Exercise requirements - From the line below that contains "host in memory." to the line that contains "#[derive(Drop)]", repeat every line exactly, both ends included, and nothing else.

Data shown -
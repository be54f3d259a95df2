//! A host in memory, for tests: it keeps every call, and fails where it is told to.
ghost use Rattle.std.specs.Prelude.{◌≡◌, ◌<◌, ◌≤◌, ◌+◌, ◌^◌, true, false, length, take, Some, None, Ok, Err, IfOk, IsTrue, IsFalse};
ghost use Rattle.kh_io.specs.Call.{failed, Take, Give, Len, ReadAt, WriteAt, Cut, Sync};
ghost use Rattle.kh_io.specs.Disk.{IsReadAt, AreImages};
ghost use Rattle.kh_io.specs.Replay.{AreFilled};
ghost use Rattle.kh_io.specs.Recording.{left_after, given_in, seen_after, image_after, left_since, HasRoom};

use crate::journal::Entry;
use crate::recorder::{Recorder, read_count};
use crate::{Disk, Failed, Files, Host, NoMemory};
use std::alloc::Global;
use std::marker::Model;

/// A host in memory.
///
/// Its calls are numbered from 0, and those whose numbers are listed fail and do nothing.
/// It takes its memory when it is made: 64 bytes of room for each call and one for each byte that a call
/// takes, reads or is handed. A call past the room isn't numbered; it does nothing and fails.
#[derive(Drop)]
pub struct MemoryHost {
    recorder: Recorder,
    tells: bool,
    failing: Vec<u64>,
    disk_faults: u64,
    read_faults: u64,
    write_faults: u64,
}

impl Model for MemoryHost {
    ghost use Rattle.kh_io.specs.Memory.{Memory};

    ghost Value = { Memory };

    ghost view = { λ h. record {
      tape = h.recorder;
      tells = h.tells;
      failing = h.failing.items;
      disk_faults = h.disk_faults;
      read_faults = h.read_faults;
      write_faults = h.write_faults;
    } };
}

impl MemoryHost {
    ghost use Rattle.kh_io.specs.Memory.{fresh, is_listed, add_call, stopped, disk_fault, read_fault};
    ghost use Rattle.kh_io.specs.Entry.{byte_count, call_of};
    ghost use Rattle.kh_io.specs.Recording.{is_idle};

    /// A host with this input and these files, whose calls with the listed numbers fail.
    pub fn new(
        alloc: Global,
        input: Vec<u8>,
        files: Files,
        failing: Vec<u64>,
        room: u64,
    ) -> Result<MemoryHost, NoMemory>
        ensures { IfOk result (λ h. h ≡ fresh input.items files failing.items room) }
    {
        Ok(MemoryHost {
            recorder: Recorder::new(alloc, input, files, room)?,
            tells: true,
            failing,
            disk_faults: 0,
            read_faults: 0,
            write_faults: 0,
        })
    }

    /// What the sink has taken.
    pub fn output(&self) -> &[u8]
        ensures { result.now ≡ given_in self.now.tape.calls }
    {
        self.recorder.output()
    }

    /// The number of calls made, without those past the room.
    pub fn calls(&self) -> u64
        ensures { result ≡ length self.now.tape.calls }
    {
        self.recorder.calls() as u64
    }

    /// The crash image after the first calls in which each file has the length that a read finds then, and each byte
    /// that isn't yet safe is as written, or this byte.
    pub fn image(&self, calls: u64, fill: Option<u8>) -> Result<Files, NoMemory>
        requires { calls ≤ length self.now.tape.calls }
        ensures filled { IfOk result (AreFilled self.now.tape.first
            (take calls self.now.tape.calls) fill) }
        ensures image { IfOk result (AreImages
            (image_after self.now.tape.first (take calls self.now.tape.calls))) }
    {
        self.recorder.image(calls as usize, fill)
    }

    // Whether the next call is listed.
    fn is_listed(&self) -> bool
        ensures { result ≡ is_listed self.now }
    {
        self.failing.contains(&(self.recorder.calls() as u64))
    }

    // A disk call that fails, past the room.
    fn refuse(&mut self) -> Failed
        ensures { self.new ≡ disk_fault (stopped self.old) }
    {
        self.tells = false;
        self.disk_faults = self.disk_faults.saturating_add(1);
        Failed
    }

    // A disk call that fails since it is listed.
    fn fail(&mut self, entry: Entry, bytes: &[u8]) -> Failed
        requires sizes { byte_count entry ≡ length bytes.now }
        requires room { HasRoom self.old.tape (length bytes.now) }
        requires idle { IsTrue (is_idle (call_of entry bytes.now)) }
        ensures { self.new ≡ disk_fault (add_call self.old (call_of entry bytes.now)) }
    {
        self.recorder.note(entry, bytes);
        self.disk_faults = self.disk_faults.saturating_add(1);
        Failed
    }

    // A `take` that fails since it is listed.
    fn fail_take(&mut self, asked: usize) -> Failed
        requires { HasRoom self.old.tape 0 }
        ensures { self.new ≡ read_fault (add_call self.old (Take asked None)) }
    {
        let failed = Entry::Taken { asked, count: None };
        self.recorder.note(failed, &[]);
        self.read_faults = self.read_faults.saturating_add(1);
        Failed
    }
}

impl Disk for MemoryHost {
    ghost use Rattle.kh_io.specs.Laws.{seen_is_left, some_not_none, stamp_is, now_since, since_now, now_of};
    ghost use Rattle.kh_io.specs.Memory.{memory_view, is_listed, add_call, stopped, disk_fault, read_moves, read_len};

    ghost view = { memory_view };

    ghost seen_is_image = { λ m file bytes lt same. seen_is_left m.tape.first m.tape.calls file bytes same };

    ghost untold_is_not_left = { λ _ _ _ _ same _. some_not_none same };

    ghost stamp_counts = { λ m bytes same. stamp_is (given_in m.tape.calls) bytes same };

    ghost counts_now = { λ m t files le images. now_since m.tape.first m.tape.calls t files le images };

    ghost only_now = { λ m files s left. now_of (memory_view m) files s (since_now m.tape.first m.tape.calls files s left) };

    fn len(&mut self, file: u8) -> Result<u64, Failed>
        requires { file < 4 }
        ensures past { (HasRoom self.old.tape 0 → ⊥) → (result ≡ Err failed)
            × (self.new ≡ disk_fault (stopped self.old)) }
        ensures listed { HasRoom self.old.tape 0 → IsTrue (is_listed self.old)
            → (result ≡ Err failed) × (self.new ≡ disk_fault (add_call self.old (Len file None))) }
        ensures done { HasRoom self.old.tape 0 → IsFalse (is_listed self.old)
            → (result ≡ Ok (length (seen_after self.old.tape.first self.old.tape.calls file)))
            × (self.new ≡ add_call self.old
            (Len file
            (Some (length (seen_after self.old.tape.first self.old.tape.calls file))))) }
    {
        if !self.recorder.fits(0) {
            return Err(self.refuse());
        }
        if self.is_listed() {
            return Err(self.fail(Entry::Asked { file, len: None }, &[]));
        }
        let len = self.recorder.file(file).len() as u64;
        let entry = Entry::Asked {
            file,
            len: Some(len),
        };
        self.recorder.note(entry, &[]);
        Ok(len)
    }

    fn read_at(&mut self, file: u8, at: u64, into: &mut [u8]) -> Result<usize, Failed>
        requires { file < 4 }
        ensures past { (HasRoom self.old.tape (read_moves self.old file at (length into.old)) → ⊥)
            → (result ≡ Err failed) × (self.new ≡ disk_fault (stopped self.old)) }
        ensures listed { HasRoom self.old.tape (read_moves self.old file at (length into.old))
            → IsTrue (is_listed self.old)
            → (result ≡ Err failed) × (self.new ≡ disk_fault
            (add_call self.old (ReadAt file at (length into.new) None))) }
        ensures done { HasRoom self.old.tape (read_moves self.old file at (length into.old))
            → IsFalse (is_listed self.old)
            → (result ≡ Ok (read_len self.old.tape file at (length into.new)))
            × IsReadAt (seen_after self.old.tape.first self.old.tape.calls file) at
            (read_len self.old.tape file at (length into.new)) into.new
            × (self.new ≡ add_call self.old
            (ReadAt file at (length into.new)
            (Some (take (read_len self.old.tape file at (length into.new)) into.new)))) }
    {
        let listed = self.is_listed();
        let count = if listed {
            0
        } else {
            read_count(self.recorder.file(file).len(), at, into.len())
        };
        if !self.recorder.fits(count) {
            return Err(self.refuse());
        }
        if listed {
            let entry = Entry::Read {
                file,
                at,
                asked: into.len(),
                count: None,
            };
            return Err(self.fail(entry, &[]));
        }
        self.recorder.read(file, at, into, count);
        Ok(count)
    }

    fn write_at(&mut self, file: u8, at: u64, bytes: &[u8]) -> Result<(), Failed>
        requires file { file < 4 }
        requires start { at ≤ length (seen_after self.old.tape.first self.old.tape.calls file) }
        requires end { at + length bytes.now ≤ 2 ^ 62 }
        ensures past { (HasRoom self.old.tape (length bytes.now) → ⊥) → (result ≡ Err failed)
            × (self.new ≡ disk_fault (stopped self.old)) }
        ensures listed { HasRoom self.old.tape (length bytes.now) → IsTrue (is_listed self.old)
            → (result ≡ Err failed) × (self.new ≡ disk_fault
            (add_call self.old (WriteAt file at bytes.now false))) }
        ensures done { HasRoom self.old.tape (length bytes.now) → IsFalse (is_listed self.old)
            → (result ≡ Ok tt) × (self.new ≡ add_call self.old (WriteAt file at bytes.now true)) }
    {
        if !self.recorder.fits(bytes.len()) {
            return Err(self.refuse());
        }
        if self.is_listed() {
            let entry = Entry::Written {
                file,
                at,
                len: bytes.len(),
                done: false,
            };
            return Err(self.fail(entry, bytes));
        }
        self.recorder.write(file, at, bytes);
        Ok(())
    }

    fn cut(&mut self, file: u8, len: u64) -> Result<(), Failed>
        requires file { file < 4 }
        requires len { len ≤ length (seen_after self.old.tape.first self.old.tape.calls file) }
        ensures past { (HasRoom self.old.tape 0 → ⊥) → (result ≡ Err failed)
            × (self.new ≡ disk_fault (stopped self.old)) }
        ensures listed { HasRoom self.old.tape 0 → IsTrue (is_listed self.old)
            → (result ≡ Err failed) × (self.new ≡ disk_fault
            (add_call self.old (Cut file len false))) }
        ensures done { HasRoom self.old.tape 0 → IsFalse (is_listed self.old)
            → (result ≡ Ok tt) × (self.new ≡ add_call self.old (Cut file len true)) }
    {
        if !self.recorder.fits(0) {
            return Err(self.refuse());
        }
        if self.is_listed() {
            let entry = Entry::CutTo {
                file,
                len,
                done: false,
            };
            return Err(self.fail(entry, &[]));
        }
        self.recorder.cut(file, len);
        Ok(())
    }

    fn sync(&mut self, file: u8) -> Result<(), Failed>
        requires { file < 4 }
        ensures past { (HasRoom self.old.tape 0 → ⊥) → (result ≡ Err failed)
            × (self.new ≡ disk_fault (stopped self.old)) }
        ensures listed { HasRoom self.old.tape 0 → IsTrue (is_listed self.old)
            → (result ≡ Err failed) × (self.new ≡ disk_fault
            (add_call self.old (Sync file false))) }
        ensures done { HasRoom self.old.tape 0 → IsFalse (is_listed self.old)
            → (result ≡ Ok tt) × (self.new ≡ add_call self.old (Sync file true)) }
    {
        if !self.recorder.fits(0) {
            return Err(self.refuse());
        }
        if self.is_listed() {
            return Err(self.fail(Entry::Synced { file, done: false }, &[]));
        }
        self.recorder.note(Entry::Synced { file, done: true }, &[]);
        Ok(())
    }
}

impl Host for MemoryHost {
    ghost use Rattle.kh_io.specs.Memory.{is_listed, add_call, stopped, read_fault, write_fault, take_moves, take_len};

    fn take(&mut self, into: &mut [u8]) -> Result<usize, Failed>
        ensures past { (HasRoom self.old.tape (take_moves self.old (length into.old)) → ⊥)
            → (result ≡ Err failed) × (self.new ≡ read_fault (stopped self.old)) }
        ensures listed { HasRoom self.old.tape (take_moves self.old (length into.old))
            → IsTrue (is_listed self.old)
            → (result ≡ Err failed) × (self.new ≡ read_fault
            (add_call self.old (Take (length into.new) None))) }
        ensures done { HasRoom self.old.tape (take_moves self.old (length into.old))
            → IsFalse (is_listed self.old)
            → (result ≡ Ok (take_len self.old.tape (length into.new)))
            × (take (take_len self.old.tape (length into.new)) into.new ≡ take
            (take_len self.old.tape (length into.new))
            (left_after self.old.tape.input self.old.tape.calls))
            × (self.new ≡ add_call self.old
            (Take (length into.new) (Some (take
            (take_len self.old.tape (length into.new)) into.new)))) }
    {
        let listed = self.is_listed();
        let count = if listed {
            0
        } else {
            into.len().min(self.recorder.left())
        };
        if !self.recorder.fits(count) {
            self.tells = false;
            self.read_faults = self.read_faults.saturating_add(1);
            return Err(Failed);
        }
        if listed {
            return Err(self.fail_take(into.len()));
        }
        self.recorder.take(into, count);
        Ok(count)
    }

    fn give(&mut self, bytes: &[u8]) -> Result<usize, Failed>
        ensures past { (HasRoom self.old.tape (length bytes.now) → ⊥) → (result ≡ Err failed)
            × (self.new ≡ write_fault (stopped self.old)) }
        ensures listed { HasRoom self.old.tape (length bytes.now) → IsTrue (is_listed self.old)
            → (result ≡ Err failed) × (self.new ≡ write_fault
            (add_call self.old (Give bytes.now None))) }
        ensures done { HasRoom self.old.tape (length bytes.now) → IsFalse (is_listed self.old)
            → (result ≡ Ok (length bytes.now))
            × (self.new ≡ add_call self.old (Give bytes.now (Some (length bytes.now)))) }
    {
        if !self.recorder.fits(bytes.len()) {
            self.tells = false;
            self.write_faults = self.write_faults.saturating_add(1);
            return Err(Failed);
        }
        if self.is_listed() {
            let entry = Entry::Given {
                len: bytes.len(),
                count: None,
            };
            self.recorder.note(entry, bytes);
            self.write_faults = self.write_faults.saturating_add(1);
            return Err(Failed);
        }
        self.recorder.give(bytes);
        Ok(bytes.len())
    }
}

Response -
/// A host in memory.
///
/// Its calls are numbered from 0, and those whose numbers are listed fail and do nothing.
/// It takes its memory when it is made: 64 bytes of room for each call and one for each byte that a call
/// takes, reads or is handed. A call past the room isn't numbered; it does nothing and fails.
#[derive(Drop)]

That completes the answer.